RECORD SET START

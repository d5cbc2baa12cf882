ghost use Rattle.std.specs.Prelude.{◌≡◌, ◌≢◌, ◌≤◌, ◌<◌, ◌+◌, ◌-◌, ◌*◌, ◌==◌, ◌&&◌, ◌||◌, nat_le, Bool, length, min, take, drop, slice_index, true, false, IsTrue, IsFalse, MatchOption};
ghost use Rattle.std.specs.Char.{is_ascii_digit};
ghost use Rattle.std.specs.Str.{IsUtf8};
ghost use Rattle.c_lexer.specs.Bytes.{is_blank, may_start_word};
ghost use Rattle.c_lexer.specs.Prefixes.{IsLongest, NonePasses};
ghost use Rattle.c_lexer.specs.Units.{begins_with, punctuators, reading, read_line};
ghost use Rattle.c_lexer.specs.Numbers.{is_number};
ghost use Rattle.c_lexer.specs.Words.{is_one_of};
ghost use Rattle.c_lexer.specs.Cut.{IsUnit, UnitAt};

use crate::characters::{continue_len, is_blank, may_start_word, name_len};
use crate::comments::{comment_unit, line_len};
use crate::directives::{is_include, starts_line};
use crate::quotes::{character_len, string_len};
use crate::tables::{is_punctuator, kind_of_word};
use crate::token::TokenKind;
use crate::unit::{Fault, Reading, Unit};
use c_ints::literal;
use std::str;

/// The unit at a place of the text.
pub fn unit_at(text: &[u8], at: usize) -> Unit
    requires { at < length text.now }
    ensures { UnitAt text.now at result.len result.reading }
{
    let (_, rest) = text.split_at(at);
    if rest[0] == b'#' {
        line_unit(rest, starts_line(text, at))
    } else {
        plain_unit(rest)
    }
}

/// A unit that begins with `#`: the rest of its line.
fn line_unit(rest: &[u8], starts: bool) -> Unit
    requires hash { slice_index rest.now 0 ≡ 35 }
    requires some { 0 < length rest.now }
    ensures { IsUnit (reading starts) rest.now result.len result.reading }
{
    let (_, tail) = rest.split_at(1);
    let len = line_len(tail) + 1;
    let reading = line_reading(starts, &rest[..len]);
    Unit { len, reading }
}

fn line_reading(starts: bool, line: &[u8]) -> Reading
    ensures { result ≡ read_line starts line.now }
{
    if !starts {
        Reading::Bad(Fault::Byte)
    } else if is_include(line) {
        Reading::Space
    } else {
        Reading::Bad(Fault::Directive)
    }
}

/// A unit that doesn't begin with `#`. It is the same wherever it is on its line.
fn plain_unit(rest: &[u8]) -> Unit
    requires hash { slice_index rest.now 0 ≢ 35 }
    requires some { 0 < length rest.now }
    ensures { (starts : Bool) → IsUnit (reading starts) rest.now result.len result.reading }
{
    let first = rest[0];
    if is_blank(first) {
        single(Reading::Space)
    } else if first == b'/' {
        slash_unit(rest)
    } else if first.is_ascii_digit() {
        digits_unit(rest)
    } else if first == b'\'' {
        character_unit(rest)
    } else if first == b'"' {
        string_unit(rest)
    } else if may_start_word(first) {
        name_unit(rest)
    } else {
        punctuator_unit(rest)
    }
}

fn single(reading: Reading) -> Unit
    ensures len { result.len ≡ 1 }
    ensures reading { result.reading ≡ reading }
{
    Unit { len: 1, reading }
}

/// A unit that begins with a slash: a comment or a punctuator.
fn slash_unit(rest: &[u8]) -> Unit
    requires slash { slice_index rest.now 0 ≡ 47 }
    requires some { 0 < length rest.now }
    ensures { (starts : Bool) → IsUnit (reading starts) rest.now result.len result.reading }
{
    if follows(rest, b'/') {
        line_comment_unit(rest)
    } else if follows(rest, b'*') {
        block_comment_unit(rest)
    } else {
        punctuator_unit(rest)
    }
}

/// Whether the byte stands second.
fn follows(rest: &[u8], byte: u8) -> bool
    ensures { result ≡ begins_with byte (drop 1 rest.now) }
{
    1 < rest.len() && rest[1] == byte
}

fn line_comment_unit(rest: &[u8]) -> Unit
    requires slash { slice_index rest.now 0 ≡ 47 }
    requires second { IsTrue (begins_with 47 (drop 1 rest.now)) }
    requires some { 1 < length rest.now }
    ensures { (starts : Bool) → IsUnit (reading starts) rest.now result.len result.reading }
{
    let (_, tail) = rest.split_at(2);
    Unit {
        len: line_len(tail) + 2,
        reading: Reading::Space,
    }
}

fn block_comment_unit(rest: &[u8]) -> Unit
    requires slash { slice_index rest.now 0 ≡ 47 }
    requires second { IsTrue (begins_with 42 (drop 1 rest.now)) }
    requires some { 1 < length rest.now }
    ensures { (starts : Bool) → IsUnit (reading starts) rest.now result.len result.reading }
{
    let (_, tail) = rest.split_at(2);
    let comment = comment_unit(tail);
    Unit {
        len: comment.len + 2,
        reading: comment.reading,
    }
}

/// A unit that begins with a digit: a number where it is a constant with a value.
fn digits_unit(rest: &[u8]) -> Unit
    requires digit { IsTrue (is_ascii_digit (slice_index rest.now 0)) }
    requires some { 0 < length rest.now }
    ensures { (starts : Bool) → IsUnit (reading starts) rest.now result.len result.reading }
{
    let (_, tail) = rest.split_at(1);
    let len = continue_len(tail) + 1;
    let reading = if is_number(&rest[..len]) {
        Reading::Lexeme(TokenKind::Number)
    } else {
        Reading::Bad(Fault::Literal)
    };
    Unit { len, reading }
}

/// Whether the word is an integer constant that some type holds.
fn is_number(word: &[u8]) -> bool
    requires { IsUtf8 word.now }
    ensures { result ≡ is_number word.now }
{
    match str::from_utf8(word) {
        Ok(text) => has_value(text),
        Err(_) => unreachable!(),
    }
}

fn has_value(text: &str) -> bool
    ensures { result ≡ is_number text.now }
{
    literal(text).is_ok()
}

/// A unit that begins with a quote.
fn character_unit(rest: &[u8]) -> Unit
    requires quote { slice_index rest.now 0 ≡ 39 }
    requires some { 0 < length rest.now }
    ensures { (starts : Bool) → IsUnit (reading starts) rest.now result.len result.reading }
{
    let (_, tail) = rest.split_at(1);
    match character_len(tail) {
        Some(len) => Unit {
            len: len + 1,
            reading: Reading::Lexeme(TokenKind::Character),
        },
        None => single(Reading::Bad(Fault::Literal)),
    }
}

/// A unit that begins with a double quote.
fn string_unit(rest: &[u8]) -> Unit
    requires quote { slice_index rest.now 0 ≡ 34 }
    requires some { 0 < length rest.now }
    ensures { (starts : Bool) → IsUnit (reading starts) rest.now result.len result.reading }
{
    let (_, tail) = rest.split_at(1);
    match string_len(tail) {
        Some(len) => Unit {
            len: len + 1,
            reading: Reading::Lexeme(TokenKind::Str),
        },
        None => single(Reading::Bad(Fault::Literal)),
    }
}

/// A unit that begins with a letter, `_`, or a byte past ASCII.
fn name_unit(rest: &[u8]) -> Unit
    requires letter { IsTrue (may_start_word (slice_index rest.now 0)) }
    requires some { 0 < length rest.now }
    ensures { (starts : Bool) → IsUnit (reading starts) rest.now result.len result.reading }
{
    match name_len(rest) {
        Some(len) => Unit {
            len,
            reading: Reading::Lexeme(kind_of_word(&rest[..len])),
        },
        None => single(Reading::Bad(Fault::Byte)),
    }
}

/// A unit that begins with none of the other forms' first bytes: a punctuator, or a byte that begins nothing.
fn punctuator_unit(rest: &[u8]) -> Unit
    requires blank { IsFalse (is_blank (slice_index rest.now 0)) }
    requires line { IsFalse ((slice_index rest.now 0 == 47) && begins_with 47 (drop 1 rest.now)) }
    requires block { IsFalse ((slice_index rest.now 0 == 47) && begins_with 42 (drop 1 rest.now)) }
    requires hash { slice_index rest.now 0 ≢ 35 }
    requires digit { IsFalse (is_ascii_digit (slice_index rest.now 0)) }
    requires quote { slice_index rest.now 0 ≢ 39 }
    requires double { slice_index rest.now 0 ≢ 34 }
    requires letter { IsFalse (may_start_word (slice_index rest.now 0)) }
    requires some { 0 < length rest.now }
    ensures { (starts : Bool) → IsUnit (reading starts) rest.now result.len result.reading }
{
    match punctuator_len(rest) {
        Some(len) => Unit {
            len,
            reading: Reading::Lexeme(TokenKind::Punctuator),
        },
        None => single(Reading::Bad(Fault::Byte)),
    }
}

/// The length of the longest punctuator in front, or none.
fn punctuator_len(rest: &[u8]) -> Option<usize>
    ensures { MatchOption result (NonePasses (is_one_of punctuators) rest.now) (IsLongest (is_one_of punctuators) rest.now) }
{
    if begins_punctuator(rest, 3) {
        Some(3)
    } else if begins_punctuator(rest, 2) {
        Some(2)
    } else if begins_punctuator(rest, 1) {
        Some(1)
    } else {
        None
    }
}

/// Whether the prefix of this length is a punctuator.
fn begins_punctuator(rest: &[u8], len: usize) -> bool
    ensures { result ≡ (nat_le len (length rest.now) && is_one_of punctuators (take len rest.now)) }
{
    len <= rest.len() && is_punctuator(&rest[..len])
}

RECORD SET END

▶ [PROBLEM STATEMENT]
How many lines in the data above hold the word "that"? Answer with the number alone.

▶ [EXERCISE ANSWER]
9